# Does anyone use a MAC POS system?



## dannysstylez (Feb 6, 2009)

Does anyone here use a full MAC POS system for their stores? I was reading about it and they've got a really nice system, but I dont know much about their merchant account (charge fees and whatnot). Can anyone add to this?


----------



## wormil (Jan 7, 2008)

Some people believe all Macs are POS. 

But seriously, I bet it is very expensive. What is the price on it?


----------



## cleos (Sep 2, 2010)

For another business, I have been using a POS system that works on both platform. More than that, the system was working with 4 posiflex touchscreen connected to the server which was a Dell Power edge 840 with window server installed. The cool thing, I had the client interface installed on a G5 and on a Macbook pro with mac osx 10.5 allowing a remote connection to the server. The software is based on filemaker and works like a charm.

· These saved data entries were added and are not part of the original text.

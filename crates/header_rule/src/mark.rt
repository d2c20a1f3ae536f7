/// A mark of a cell.
#[derive(Clone, Copy, Debug, PartialEq, Eq)]
pub enum Mark {
    /// The cell's owner found it.
    Found,
    /// An owner that is not the cell's met it.
    Disputed,
    /// The phase from the roots met it.
    MetByRoots,
}

/// The marks that a meet sets. A mark that is set stays set.
#[derive(Clone, Copy, Debug, PartialEq, Eq)]
pub struct Marks {
    pub found: bool,
    pub disputed: bool,
    pub met_by_roots: bool,
}
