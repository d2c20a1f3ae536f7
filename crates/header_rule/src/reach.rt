//! How a pass reaches the words that it meets cells by.
use crate::own_words::OwnWords;
use crate::view::View;
use atomic_table::Seat;

/// How a pass reaches the header words.
#[derive(Drop)]
pub(crate) enum Reach {
    /// By a seat on the table that all passes share.
    Table(Seat<(), View>),
    /// They are its own, since it is the only pass.
    Own(OwnWords),
}
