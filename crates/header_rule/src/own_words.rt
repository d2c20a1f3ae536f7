//! The words of a pass that has no other beside it.
ghost use Rattle.std.specs.Prelude.{◌≡◌, ◌+◌, ◌^◌, ◌<◌, length, IfOk};
ghost use Rattle.heap_base.specs.Counting.{IsOnce};
ghost use Rattle.header_rule.specs.Rule.{new_view};
ghost use Rattle.header_rule.specs.Steps.{after_meet};
ghost use Rattle.header_rule.specs.WholeWords.{TellsWords};

use crate::history::{History, OneMeet};
use crate::layout::{bits, count};
use crate::mark::Marks;
use heap_base::OutOfMemory;
use std::alloc::Global;
use std::marker::Model;

/// As a table has them: the opening word, and then the word of each cell. No other thread reaches them, so that a meet is a plain add.
#[derive(Drop)]
pub(crate) struct OwnWords {
    words: Vec<u64>,
    history: History,
}

impl Model for OwnWords {
    ghost use Rattle.header_rule.specs.OwnStates.{OwnState, KeepsOwn};

    ghost Value = { OwnState };

    ghost view = { λ o. record { words = o.words.items; view = o.history.view } };

    ghost invariant = { λ o. KeepsOwn (record { words = o.words.items; view = o.history.view }) };
}

impl OwnWords {
    /// Words of zero for so many cells.
    pub(crate) fn make(alloc: Global, cells: u32) -> Result<OwnWords, OutOfMemory>
        ensures words { IfOk result (λ o. length o.words ≡ cells + 1) }
        ensures view { IfOk result (λ o. o.view ≡ new_view 16) }
    {
        let mut words = vec![in alloc; 0u64; cells as usize + 1]?;
        words[0] = 1;
        Ok(OwnWords {
            words,
            history: History::new(),
        })
    }

    /// Meets a cell: adds 1 to its count and sets the marks that are given. Answers whether the count was 0.
    #[inline]
    pub(crate) fn meet(&mut self, cell: u32, given: Marks) -> bool
        requires cell { cell + 1 < length self.old.words }
        requires room { length self.old.view.adds < 2 ^ 55 }
        ensures words { length self.new.words ≡ length self.old.words }
        ensures met { self.new.view ≡ after_meet cell given result self.old.view }
        ensures once { IsOnce self.new.view.wins }
    {
        let word = cell as usize + 1;
        let found = self.words[word];
        self.words[word] = (found + 1) | bits(given);
        let won = count(found) == 0;
        self.history = History::with(&self.history, &OneMeet { cell, given, won });
        won
    }

    /// The words, with what they say of what was met.
    pub(crate) fn into_words(self) -> Vec<u64>
        ensures words { result.items ≡ self.words }
        ensures tell { TellsWords result.items self.view }
    {
        let OwnWords { words, .. } = self;
        words
    }
}
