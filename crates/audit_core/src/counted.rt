//! What a trace by a crew counted.
ghost use Rattle.std.specs.Prelude.{◌<◌};
ghost use Rattle.audit_core.specs.Verdicts.{counts_of};

use heap_marking::Traced;
use verdict_list::HeapCounts;

/// A trace, seen as what it counted.
#[derive(Clone, Copy)]
pub(crate) struct CountedTrace<'a> {
    pub(crate) traced: &'a Traced,
}

impl HeapCounts for CountedTrace<'_> {
    ghost counts = { λ t. counts_of t.traced.now };

    fn references(&self, cell: u32) -> u64 {
        self.traced.words().count(cell)
    }

    fn instances(&self, kind: u32) -> u64 {
        self.traced.instances(kind)
    }

    fn kept(&self) -> &[bool] {
        self.traced.kept()
    }
}
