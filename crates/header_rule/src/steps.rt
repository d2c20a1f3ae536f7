//! The kinds of step on the table, and what each tells the seat that makes it.
ghost use Rattle.header_rule.specs.Rule.{new_view};
ghost use Rattle.header_rule.specs.Steps.{TakesRights, AddsCell, SetsMarks, ReadsWord, one_right_less, both_views};

use crate::view::View;
use atomic_table::{Join, Play, Split};

/// The first seat: a swap of 1 into the opening word takes all rights, where it found 0.
pub(crate) struct FirstSeat;

impl Play<(), View> for FirstSeat {
    ghost then = { TakesRights };
}

/// An add of 1 to a header word.
pub(crate) struct Add;

impl Play<(), View> for Add {
    ghost then = { AddsCell };
}

/// Marks set in a header word.
pub(crate) struct SetMarks;

impl Play<(), View> for SetMarks {
    ghost then = { SetsMarks };
}

/// A word is read, and nothing changes.
pub(crate) struct ReadWord;

impl Play<(), View> for ReadWord {
    ghost then = { ReadsWord };
}

/// A seat gives one right to a new one.
pub(crate) struct OneRight;

impl Split<View> for OneRight {
    ghost left = { one_right_less };

    ghost right = { λ _. new_view 1 };
}

/// A seat takes over all that another has.
pub(crate) struct Together;

impl Join<View> for Together {
    ghost both = { both_views };

    ghost spent = { new_view 0 };
}
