//! What the bits of a header word mean: bits 0 to 55 count, bits 56 to 58 are the marks, and the others are 0.
ghost use Rattle.std.specs.Prelude.{◌≡◌, ◌*◌};
ghost use Rattle.heap_base.specs.Counting.{bit};
ghost use Rattle.header_rule.specs.Layout.{count_of, mark_bit, has_bit, bits_of, is_given};

use crate::mark::{Mark, Marks};

/// A count is below this: it has 56 bits.
const COUNT_LIMIT: u64 = 1 << 56;

/// The count in a header word.
pub(crate) fn count(word: u64) -> u64
    ensures { result ≡ count_of word }
{
    word % COUNT_LIMIT
}

/// What a mark adds to a header word.
fn bit_of(mark: Mark) -> u64
    ensures { result ≡ mark_bit mark }
{
    match mark {
        Mark::Found => COUNT_LIMIT,
        Mark::Disputed => COUNT_LIMIT << 1,
        Mark::MetByRoots => COUNT_LIMIT << 2,
    }
}

/// Whether a header word has a mark.
pub(crate) fn is_set(word: u64, mark: Mark) -> bool
    ensures { result ≡ has_bit word mark }
{
    word / bit_of(mark) % 2 == 1
}

// The mark's bit, where it is given.
fn given_bit(given: bool, mark: Mark) -> u64
    ensures { result ≡ bit given * mark_bit mark }
{
    if given { bit_of(mark) } else { 0 }
}

/// The bits of the marks that are given.
pub(crate) fn bits(marks: Marks) -> u64
    ensures { result ≡ bits_of (is_given marks) }
{
    given_bit(marks.found, Mark::Found)
        + given_bit(marks.disputed, Mark::Disputed)
        + given_bit(marks.met_by_roots, Mark::MetByRoots)
}
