//! What a pass that has its words to itself has met, for the proofs alone.
ghost use Rattle.std.specs.Prelude.{◌≡◌};
ghost use Rattle.std.specs.Borrow.{ftrue};
ghost use Rattle.header_rule.specs.declared.view.View.{View};
ghost use Rattle.header_rule.specs.Rule.{new_view};
ghost use Rattle.header_rule.specs.Steps.{after_meet};

use crate::mark::Marks;
use std::marker::Model;

/// One meet.
#[derive(Clone, Copy)]
pub(crate) struct OneMeet {
    pub(crate) cell: u32,
    pub(crate) given: Marks,
    pub(crate) won: bool,
}

/// A view without a table. It takes no bytes, and its methods do nothing at run time. By itself it says nothing; whoever keeps it ties it to words
/// by an invariant.
#[derive(Drop)]
pub(crate) struct History {
    pub(crate) ghost view: { View },
}

impl Model for History {
    ghost also_owns = { λ _. ftrue };
}

// It owns nothing.
unsafe impl Send for History {}

impl History {
    /// All the rights, and nothing met.
    pub(crate) fn new() -> History
        ensures { result.view ≡ new_view 16 }
    {
        History {}
    }

    /// The same and one meet more.
    pub(crate) fn with(_before: &History, _meet: &OneMeet) -> History
        ensures { result.view ≡ after_meet _meet.now.cell _meet.now.given _meet.now.won _before.now.view }
    {
        History {}
    }
}
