//! A header word for each cell of the heap, in which workers mark and count: how often the cell was met, and three marks
//! above the count. Several threads change it in single atomic steps, each by a pass of its own. Between any two steps the words are
//! those of what all passes have met, and each cell that was met was won exactly once. A single worker has the words to itself, and
//! meets by plain additions.
#![tactic(auto)]

mod closing;
mod headers;
mod history;
mod layout;
mod making;
mod mark;
mod meeting;
mod own_words;
mod pass;
mod reach;
mod reading;
mod rereading;
mod shared_words;
mod steps;
mod store;
mod view;
mod words;

pub use headers::Headers;
pub use mark::{Mark, Marks};
pub use pass::Pass;
pub use words::Words;
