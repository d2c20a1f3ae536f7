ghost use Rattle.std.specs.Prelude.{◌≡◌, ◌<◌, ◌≤◌};
ghost use Rattle.std.specs.Option.{ForSome, ForNone};
ghost use Rattle.heap_base.specs.declared.limits.TheConstants.{MOST_WORKERS};

use crate::shared_words::SharedWords;

/// A header word for each cell, which several threads share, each with a pass of its own. The words of a single pass lie with it.
/// Contracts see how many cells there are.
#[derive(Drop)]
pub struct Headers {
    // Where there is one pass alone there is none: its words are its own.
    pub(crate) shared: Option<SharedWords>,
    pub(crate) cells: u32,
    // How many passes were made with it.
    pub(crate) workers: u32,
    ghost sized: { ForSome shared (λ s. s.cells ≡ cells) },
    ghost alone: { ForNone shared (workers ≡ 1) },
    ghost some: { 0 < workers },
    ghost few: { workers ≤ MOST_WORKERS },
}
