// Any number of expressions, by a plan.
#[tactic(auto, using(machine::specs::Seen::still, machine::specs::Still::tests, crate::specs::StillWalk::still), unfolding(crate::specs::Walk::all_by, machine::specs::Scripts::parts_of, forms::specs::Forms::then))]
#[cycle(walking)]
fn all(walk: &mut Machine, left: u32, plan: Plan, n: u16) -> Result<(), Stop>
    ensures value { walked result walk.new ≡ all_of left walk.old.formula.now walk.old.environment.now plan n (machine walk.old) }
    ensures kept { Kept walk.old walk.new }
{
    let at = walk.at;
    walk.play(plan.first, no_part(at), no_part(at), at)?;
    let x = walk.last;
    each(walk, left, plan, x, n)?;
    let first = Part { node: x, place: at };
    let last = Part {
        node: walk.last,
        place: at,
    };
    walk.play(plan.last, first, last, at)
}

// n expressions, one after the other. The last reference is then where the last of them ended.
#[tactic(auto, using(machine::specs::Seen::still, machine::specs::Still::tests, crate::specs::StillWalk::still, crate::proofs::Laws::turns), unfolding(crate::specs::Walk::child_by, forms::specs::Forms::then))]
#[cycle(walking)]
fn each(walk: &mut Machine, left: u32, plan: Plan, x: NodeRef, n: u16) -> Result<(), Stop>
    ensures value { walked result walk.new ≡ children_of left walk.old.formula.now walk.old.environment.now plan n x (machine walk.old) }
    ensures kept { Kept walk.old walk.new }
{
    let mut y = x;
    for _ in 0..n {
        let t = NodeRef(walk.nodes);
        let part = Part {
            node: y,
            place: walk.at,
        };
        walk.play(plan.link, part, part, part.place)?;
        let z = walk.last;
        expr(walk, left)?;
        let child = walk.part();
        meet(walk, plan.mode, child.node, z, child.place)?;
        y = next(plan.mode, y, t);
    }
    walk.gave(y);
    Ok(())
}

// 0A, a quantified expression: its operator, its declarations' count, and where they begin.
#[tactic(auto, using(machine::specs::Seen::still, machine::specs::Still::tests, crate::specs::StillWalk::still), unfolding(crate::specs::Walk::quant_by, forms::specs::Forms::then))]
#[cycle(walking)]
fn quant(walk: &mut Machine, left: u32, o: u8, n: u8, e: Place) -> Result<(), Stop>
    ensures value { walked result walk.new ≡ quant_of left walk.old.formula.now walk.old.environment.now o n e (machine walk.old) }
    ensures kept { Kept walk.old walk.new }
{
    let at = walk.at;
    let around = walk.bound;
    walk.placed(e);
    walk.declare(n)?;
    pred(walk, left)?;
    one(walk, left, operators::check_quantified(o), at)?;
    walk.bounded(around);
    Ok(())
}

// A predicate, with what stands below it.
#[tactic(auto, using(machine::specs::Seen::still, machine::specs::Still::tests, crate::specs::StillWalk::still, crate::proofs::Laws::levels), unfolding(crate::specs::Walk::pred_by, crate::specs::Walk::paid_by, crate::specs::Walk::entered_by, machine::specs::Machine::stopped_of, forms::specs::Forms::then))]
#[cycle(walking)]
fn pred(walk: &mut Machine, left: u32) -> Result<(), Stop>
    ensures value { walked result walk.new ≡ pred_of left walk.old.formula.now walk.old.environment.now (machine walk.old) }
    ensures kept { Kept walk.old walk.new }
{
    let head = heads::pred_head(walk.formula, walk.at).ok_or(Stop::Broken)?;
    walk.paid()?;
    if left == 0 {
        return Err(Stop::Broken);
    }
    pbody(walk, left - 1, head)
}

// The rule of a predicate, by its head.
#[tactic(auto, using(machine::specs::Seen::still, machine::specs::Still::tests, crate::specs::StillWalk::still), unfolding(crate::specs::Walk::pred_body_by, forms::specs::Forms::then))]
#[cycle(walking)]
fn pbody(walk: &mut Machine, left: u32, head: PredHead) -> Result<(), Stop>
    ensures value { walked result walk.new ≡ pred_body_of left walk.old.formula.now walk.old.environment.now head (machine walk.old) }
    ensures kept { Kept walk.old walk.new }
{
    let at = walk.at;
    match head {
        PredHead::Constant(e) | PredHead::Variable(e) => {
            walk.placed(e);
            Ok(())
        }
        PredHead::Relational(o, e) => {
            walk.placed(e);
            two(walk, left, operators::check_relational(o), at)
        }
        PredHead::Connective(e) => {
            walk.placed(e);
            preds(walk, left, 2)
        }
        PredHead::Junction(n, e) => {
            walk.placed(e);
            preds(walk, left, n)
        }
        PredHead::Negation(e) => {
            walk.placed(e);
            pred(walk, left)
        }
        PredHead::Quantification(n, e) => pquant(walk, left, n, e),
        PredHead::Simple(e) => {
            walk.placed(e);
            one(walk, left, Script::Finite, at)
        }
        PredHead::Multiple(n, e) => {
            walk.placed(e);
            all(walk, left, MULTIPLE, n)
        }
        PredHead::Application(n, e) => {
            walk.placed(e);
            all(walk, left, APPLICATION, n)?;
            walk.list(Problem::Application, at, None);
            Ok(())
        }
    }
}

// 26, a quantified predicate. Beside `quant`: what the two have in common is the declarations' scope, and what is walked in it calls back into the cycle.
#[tactic(auto, using(machine::specs::Seen::still, machine::specs::Still::tests, crate::specs::StillWalk::still), unfolding(crate::specs::Walk::pred_quant_by, forms::specs::Forms::then))]
#[cycle(walking)]
fn pquant(walk: &mut Machine, left: u32, n: u8, e: Place) -> Result<(), Stop>
    ensures value { walked result walk.new ≡ pred_quant_of left walk.old.formula.now walk.old.environment.now n e (machine walk.old) }
    ensures kept { Kept walk.old walk.new }
{
    let around = walk.bound;
    walk.placed(e);
    walk.declare(n)?;
    pred(walk, left)?;
    walk.bounded(around);
    Ok(())
}

// n predicates.
#[tactic(auto, using(machine::specs::Seen::still, machine::specs::Still::tests, crate::specs::StillWalk::still, machine::proofs::Laws::turns), unfolding(forms::specs::Forms::then))]
#[cycle(walking)]
fn preds(walk: &mut Machine, left: u32, n: u16) -> Result<(), Stop>
    ensures value { walked result walk.new ≡ preds_of left walk.old.formula.now walk.old.environment.now n (machine walk.old) }
    ensures kept { Kept walk.old walk.new }
{
    for _ in 0..n {
        pred(walk, left)?;
    }
    Ok(())
}

// ---- assignments, and a whole formula. Rows are loops: of a walk that the closure of `try_for_each` changes a proof knows nothing after it.

// n pairs: each value against its target, at the value.
#[tactic(auto, using(machine::specs::Seen::still, machine::specs::Still::tests, crate::specs::StillWalk::still, machine::proofs::Laws::turns), unfolding(crate::specs::Root::pair_by, forms::specs::Forms::then))]
fn pairs(walk: &mut Machine, n: u8) -> Result<(), Stop>
    ensures value { walked result walk.new ≡ pairs_of walk.old.formula.now walk.old.environment.now n (machine walk.old) }
    ensures kept { Kept walk.old walk.new }
{
    for _ in 0..n {
        expr(walk, types::MAX_DEPTH)?;
        let x = walk.last;
        expr(walk, types::MAX_DEPTH)?;
        walk.expect(walk.last, x, walk.from)?;
    }
    Ok(())
}

// The product of n targets, which leans left, where the first of them was walked last.
#[tactic(auto, using(machine::specs::Seen::still, machine::specs::Still::tests, crate::specs::StillWalk::still, machine::proofs::Laws::turns), unfolding(crate::specs::Root::product_by, forms::specs::Forms::then))]
fn products(walk: &mut Machine, n: u8) -> Result<(), Stop>
    ensures value { walked result walk.new ≡ products_of walk.old.formula.now walk.old.environment.now n (machine walk.old) }
    ensures kept { Kept walk.old walk.new }
{
    for _ in 1..n {
        let x = walk.last;
        expr(walk, types::MAX_DEPTH)?;
        walk.make(Node::Product(x, walk.last))?;
    }
    Ok(())
}

// A set against the power of what was walked last, at the set.
#[tactic(auto, using(machine::specs::Seen::still, machine::specs::Still::tests, crate::specs::StillWalk::still), unfolding(crate::specs::Root::belongs_of, forms::specs::Forms::then))]
fn belongs(walk: &mut Machine) -> Result<(), Stop>
    ensures value { walked result walk.new ≡ belongs_of walk.old.formula.now walk.old.environment.now (machine walk.old) }
    ensures kept { Kept walk.old walk.new }
{
    walk.make(Node::Power(walk.last))?;
    let y = walk.last;
    expr(walk, types::MAX_DEPTH)?;
    walk.expect(walk.last, y, walk.from)
}

// The targets' product, and a set that it belongs to.
#[tactic(auto, using(machine::specs::Seen::still, machine::specs::Still::tests, crate::specs::StillWalk::still), unfolding(crate::specs::Root::becomes_in_of, forms::specs::Forms::then))]
fn becomes_in(walk: &mut Machine, n: u8) -> Result<(), Stop>
    ensures value { walked result walk.new ≡ becomes_in_of walk.old.formula.now walk.old.environment.now n (machine walk.old) }
    ensures kept { Kept walk.old walk.new }
{
    expr(walk, types::MAX_DEPTH)?;
    products(walk, n)?;
    belongs(walk)
}

// n targets, one after the other.
#[tactic(auto, using(machine::specs::Seen::still, machine::specs::Still::tests, crate::specs::StillWalk::still, machine::proofs::Laws::turns), unfolding(forms::specs::Forms::then))]
fn targets(walk: &mut Machine, n: u8) -> Result<(), Stop>
    ensures value { walked result walk.new ≡ targets_of walk.old.formula.now walk.old.environment.now n (machine walk.old) }
    ensures kept { Kept walk.old walk.new }
{
    for _ in 0..n {
        expr(walk, types::MAX_DEPTH)?;
    }
    Ok(())
}

// Each of n declarations against its target: the slots of both stand one after the other, from the first target's on.
#[tactic(auto, using(machine::specs::Seen::still, machine::specs::Still::tests, crate::specs::StillWalk::still, crate::proofs::Laws::turns), unfolding(crate::specs::Root::shares_of, crate::specs::Root::share_by, forms::specs::Forms::then))]
fn shares(walk: &mut Machine, first: u32, n: u8, place: Place) -> Result<(), Stop>
    ensures value { walked result walk.new ≡ shares_of first n place.0 (machine walk.old) }
    ensures kept { Kept walk.old walk.new }
{
    let until = u32::from(n);
    for i in 0..until {
        let x = NodeRef(walk.read(machine::SLOTS, first, i * 2));
        let y = NodeRef(walk.read(machine::SLOTS, first, (until + i) * 2));
        walk.expect(y, x, place)?;
    }
    Ok(())
}

// Declarations that share their targets' types, and the predicate under them.
#[tactic(auto, using(machine::specs::Seen::still, machine::specs::Still::tests, crate::specs::StillWalk::still), unfolding(crate::specs::Root::such_that_of, forms::specs::Forms::then))]
fn such_that(walk: &mut Machine, first: u32, n: u8, place: Place) -> Result<(), Stop>
    ensures value { walked result walk.new ≡ such_that_of walk.old.formula.now walk.old.environment.now first n place.0 (machine walk.old) }
    ensures kept { Kept walk.old walk.new }
{
    shares(walk, first, n, place)?;
    pred(walk, types::MAX_DEPTH)
}

// n targets, n declarations, and a predicate.
#[tactic(auto, using(machine::specs::Seen::still, machine::specs::Still::tests, crate::specs::StillWalk::still), unfolding(crate::specs::Root::becomes_such_of, forms::specs::Forms::then))]
fn becomes_such(walk: &mut Machine, n: u8, place: Place) -> Result<(), Stop>
    ensures value { walked result walk.new ≡ becomes_such_of walk.old.formula.now walk.old.environment.now n place.0 (machine walk.old) }
    ensures kept { Kept walk.old walk.new }
{
    let first = walk.slots;
    targets(walk, n)?;
    walk.declare(n)?;
    such_that(walk, first, n, place)
}

// A whole formula.
#[tactic(auto, using(machine::specs::Seen::still, machine::specs::Still::tests, crate::specs::StillWalk::still), unfolding(crate::specs::Root::formula_of, crate::specs::Root::root_by, machine::specs::Machine::stopped_of, forms::specs::Forms::then))]
pub fn formula(walk: &mut Machine) -> Result<(), Stop>
    ensures value { walked result walk.new ≡ formula_of walk.old.formula.now walk.old.environment.now (machine walk.old) }
    ensures kept { Kept walk.old walk.new }
{
    let at = walk.at;
    match heads::root_head(walk.formula, at).ok_or(Stop::Broken)? {
        Root::Expression => expr(walk, types::LEVELS),
        Root::Predicate => pred(walk, types::LEVELS),
        Root::Becomes(n, e) => {
            walk.paid()?;
            walk.placed(e);
            pairs(walk, n)
        }
        Root::BecomesIn(n, e) => {
            walk.paid()?;
            walk.placed(e);
            becomes_in(walk, n)
        }
        Root::BecomesSuch(n, e) => {
            walk.paid()?;
            walk.placed(e);
            becomes_such(walk, n, at)
        }
    }
}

It was a plus for me since I could at one point customise my layouts and some functions through the back door.

Another function was the possibility to integrate a web module and realise sales online in real time.

The key is to use a server, it doesn't matter then what client you have as long as you use a multiplatform based application.

The merchant account is totally independent since the only trick is to program the driver to be compatible with the connection to their server.

It was expensive though, 10+ but I had a full management capability including production cost control, inventory, sales and tax report, etc ...


----------